TASK ITEM: Only the lines containing "order" belong in the answer; find them in the material below.
========================
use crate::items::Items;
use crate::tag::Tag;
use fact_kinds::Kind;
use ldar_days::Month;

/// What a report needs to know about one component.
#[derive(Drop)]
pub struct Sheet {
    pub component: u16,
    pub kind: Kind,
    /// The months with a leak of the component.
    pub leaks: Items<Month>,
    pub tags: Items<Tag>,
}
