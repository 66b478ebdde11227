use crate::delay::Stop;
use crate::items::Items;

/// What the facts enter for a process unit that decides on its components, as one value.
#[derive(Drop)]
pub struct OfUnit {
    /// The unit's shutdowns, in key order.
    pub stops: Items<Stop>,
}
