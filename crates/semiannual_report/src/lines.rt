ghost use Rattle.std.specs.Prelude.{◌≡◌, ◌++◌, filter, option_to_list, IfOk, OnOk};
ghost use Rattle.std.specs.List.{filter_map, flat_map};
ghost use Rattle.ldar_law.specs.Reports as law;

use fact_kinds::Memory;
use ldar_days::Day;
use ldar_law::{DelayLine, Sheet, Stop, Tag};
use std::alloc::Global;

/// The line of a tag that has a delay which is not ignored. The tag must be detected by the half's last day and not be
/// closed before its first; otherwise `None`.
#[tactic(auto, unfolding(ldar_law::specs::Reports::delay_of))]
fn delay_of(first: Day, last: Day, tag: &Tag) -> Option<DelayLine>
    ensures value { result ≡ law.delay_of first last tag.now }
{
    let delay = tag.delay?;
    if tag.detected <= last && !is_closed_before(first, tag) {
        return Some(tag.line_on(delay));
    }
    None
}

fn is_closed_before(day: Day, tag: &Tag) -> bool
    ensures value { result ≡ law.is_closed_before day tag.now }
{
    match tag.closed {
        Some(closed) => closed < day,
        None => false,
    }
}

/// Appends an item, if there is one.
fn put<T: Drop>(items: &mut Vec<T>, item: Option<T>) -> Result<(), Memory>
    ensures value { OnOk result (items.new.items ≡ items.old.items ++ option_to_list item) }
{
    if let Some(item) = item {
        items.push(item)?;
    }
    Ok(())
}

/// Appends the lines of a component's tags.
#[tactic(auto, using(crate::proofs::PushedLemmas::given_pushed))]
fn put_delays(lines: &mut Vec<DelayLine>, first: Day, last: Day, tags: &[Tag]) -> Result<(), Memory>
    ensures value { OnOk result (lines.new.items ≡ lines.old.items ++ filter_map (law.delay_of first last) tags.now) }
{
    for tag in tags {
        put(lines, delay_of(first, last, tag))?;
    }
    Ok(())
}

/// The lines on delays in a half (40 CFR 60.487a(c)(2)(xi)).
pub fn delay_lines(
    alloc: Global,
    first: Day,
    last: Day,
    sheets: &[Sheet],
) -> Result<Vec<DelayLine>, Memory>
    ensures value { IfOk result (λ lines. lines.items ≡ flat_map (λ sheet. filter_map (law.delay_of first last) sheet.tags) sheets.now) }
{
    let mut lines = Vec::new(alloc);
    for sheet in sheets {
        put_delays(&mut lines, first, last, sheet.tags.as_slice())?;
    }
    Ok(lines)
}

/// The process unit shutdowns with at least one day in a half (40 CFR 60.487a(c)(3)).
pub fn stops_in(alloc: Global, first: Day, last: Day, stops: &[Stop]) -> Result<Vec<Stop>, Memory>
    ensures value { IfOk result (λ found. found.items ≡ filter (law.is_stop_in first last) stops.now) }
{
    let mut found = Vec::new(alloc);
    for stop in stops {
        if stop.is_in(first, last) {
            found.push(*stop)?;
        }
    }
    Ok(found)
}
========================
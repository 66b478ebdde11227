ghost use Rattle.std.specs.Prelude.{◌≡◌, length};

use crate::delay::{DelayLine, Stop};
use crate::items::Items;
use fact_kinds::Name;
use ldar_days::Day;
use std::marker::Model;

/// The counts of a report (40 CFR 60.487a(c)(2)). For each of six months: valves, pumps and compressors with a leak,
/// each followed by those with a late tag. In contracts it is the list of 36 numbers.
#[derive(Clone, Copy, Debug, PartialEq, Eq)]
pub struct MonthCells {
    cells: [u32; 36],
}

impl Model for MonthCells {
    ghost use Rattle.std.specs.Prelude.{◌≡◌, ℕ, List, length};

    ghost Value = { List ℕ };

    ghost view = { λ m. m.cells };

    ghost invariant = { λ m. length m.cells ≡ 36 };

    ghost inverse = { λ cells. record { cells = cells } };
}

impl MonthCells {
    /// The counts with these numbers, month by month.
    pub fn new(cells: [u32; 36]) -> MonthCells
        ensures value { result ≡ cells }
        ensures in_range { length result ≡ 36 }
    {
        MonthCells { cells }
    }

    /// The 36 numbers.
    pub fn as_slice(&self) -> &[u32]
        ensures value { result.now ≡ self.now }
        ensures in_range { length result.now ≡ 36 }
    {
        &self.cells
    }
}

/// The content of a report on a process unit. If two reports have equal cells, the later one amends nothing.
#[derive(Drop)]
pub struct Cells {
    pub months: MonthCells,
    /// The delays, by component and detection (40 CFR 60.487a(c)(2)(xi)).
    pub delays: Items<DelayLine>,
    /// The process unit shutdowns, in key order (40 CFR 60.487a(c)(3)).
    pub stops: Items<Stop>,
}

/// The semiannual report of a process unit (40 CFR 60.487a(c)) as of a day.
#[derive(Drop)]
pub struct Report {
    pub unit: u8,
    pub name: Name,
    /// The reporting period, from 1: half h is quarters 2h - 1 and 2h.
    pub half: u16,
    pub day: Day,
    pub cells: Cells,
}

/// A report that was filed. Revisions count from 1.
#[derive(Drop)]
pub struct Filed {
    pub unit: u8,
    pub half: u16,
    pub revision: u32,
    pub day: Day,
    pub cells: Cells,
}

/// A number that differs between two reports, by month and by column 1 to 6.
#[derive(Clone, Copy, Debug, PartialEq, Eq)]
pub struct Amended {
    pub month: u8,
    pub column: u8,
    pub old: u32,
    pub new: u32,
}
========================
WRITTEN SOLUTION:
    /// The unit's shutdowns, in key order.
    /// The process unit shutdowns, in key order (40 CFR 60.487a(c)(3)).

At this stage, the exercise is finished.